ABOUT THIS EXERCISE: Search the entries for the word "LosesObject". Copy each line in which it is found.

Segment Start: INPUT FOR THIS TASK

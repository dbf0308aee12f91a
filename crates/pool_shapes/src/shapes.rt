//! What a lane shows of a party.
ghost use Rattle.std.specs.Prelude.{◌≡◌};
ghost use Rattle.pool_shapes.specs.Shapes.{shape_of, unmanaged_shape_of, ended_with};

use crate::marks::{Shape, Stage};
use deadpool_trial::{Look, unmanaged};

/// What is shown of a get of a managed pool that has started, with the object that it was given and that is out.
pub fn shape_of(look: Look, given: Option<usize>) -> Shape
    ensures { result ≡ shape_of look given }
{
    match look {
        Look::NoSuch => Shape::of(Stage::Cancelled),
        Look::Unpolled => Shape::of(Stage::New),
        Look::Queued => Shape::of(Stage::Queued),
        Look::Granted => Shape::of(Stage::Granted),
        Look::Going => Shape::of(Stage::Going),
        Look::Creating => Shape::of(Stage::Creating),
        Look::Recycling(number) => Shape::with(Stage::Recycling, number),
        Look::Checking(number) => Shape::with(Stage::Checking, number),
        Look::Finished => ended_with(given),
    }
}

/// The same of a get or an add of an unmanaged pool.
pub fn unmanaged_shape_of(look: unmanaged::Look, given: Option<usize>) -> Shape
    ensures { result ≡ unmanaged_shape_of look given }
{
    match look {
        unmanaged::Look::NoSuch => Shape::of(Stage::Cancelled),
        unmanaged::Look::NewGet => Shape::of(Stage::New),
        unmanaged::Look::QueuedGet => Shape::of(Stage::Queued),
        unmanaged::Look::GrantedGet => Shape::of(Stage::Granted),
        unmanaged::Look::NewAdd(number) => Shape::with(Stage::New, number),
        unmanaged::Look::QueuedAdd(number) => Shape::with(Stage::Queued, number),
        unmanaged::Look::GrantedAdd(number) => Shape::with(Stage::Granted, number),
        unmanaged::Look::Finished => ended_with(given),
    }
}

fn ended_with(given: Option<usize>) -> Shape
    ensures { result ≡ ended_with given }
{
    match given {
        Some(number) => Shape::with(Stage::Holding, number),
        None => Shape::of(Stage::Ended),
    }
}
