//! Whose place goes to whom, from one move to the next.
ghost use Rattle.std.specs.Prelude.{◌≡◌, ◌↔◌, IfSome, IsTrue};
ghost use Rattle.pool_shapes.specs.Handed.{has_place, has_ended, WasGranted, GaveUp, Between};

use crate::marks::{Shape, Stage};

/// A place goes from one party to another.
#[derive(Clone, Copy, Debug)]
pub struct Handover {
    pub from: usize,
    pub to: usize,
}

/// A party that has given its place up in this step, and one that was granted in it what it waited for.
pub fn handed_over(was: &[Shape], is: &[Shape]) -> Option<Handover>
    ensures from { IfSome result (λ h. Between GaveUp was.now is.now h.from) }
    ensures to { IfSome result (λ h. Between WasGranted was.now is.now h.to) }
{
    let to = granted_in(was, is)?;
    let from = given_up_in(was, is)?;
    Some(Handover { from, to })
}

fn granted_in(was: &[Shape], is: &[Shape]) -> Option<usize>
    ensures { IfSome result (λ party. Between WasGranted was.now is.now party) }
{
    for party in 0..was.len().min(is.len()) {
        if is_granted(was[party], is[party]) {
            return Some(party);
        }
    }
    None
}

fn given_up_in(was: &[Shape], is: &[Shape]) -> Option<usize>
    ensures { IfSome result (λ party. Between GaveUp was.now is.now party) }
{
    for party in 0..was.len().min(is.len()) {
        if has_given_up(was[party], is[party]) {
            return Some(party);
        }
    }
    None
}

/// Whether a party waited, and was granted what it waited for.
pub fn is_granted(was: Shape, is: Shape) -> bool
    ensures { IsTrue result ↔ WasGranted was is }
{
    was.stage == Stage::Queued && is.stage == Stage::Granted
}

/// Whether a party had a place or an object, and has ended.
pub fn has_given_up(was: Shape, is: Shape) -> bool
    ensures { IsTrue result ↔ GaveUp was is }
{
    has_place(was.stage) && has_ended(is.stage)
}

/// Whether a party that stands so has a place or an object.
pub fn has_place(stage: Stage) -> bool
    ensures { result ≡ has_place stage }
{
    match stage {
        Stage::Granted | Stage::Going | Stage::Creating => true,
        Stage::Recycling | Stage::Checking | Stage::Holding => true,
        Stage::New | Stage::Queued | Stage::Ended | Stage::Cancelled => false,
    }
}

/// Whether a party that stands so has ended.
pub fn has_ended(stage: Stage) -> bool
    ensures { result ≡ has_ended stage }
{
    match stage {
        Stage::Ended | Stage::Cancelled => true,
        _ => false,
    }
}
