//! Which objects parties were given.
ghost use Rattle.std.specs.Prelude.{◌≡◌, [], IfOk, OnErr};
ghost use Rattle.pool_shapes.specs.Given.{with_party, with_gift, left_without, LosesObject};

use std::alloc::{AllocError, Global};
use std::marker::Model;

/// Which object each party was given, if it was given one that is out. A trial does not keep it: it follows from the
/// replies.
#[derive(Drop)]
pub struct Given {
    // By the party's number.
    objects: Vec<Option<usize>>,
}

impl Model for Given {
    ghost use Rattle.std.specs.Prelude.{ℕ, List, Option};

    ghost Value = { List (Option ℕ) };

    ghost view = { λ g. g.objects.items };
}

impl Given {
    /// Of no party.
    pub fn new(alloc: Global) -> Self
        ensures { result ≡ [] }
    {
        Given {
            objects: Vec::new(alloc),
        }
    }

    /// A party has started. If there is no memory, nothing has changed.
    pub fn add_party(&mut self) -> Result<(), AllocError>
        ensures added { IfOk result (λ _. self.new ≡ with_party self.old) }
        ensures refused { OnErr result (self.new ≡ self.old) }
    {
        self.objects.push(None)?;
        Ok(())
    }

    /// A party was given this object. Of a party that has not started nothing is kept.
    pub fn give(&mut self, party: usize, number: usize)
        ensures { self.new ≡ with_gift party number self.old }
    {
        if party < self.objects.len() {
            self.objects[party] = Some(number);
        }
    }

    /// This object is out no more.
    pub fn take_away(&mut self, number: usize)
        ensures { LosesObject number self.old self.new }
    {
        for party in 0..self.objects.len() {
            self.objects[party] = left_without(number, self.objects[party]);
        }
    }

    /// By the party's number.
    pub fn as_slice(&self) -> &[Option<usize>]
        ensures { result.now ≡ self.now }
    {
        &self.objects
    }
}

// What is left to a party if this object is out no more.
fn left_without(number: usize, object: Option<usize>) -> Option<usize>
    ensures { result ≡ left_without number object }
{
    match object {
        Some(given) if given != number => Some(given),
        _ => None,
    }
}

Segment End: INPUT FOR THIS TASK

ANSWER FOR THIS EXERCISE:
ghost use Rattle.pool_shapes.specs.Given.{with_party, with_gift, left_without, LosesObject};
        ensures { LosesObject number self.old self.new }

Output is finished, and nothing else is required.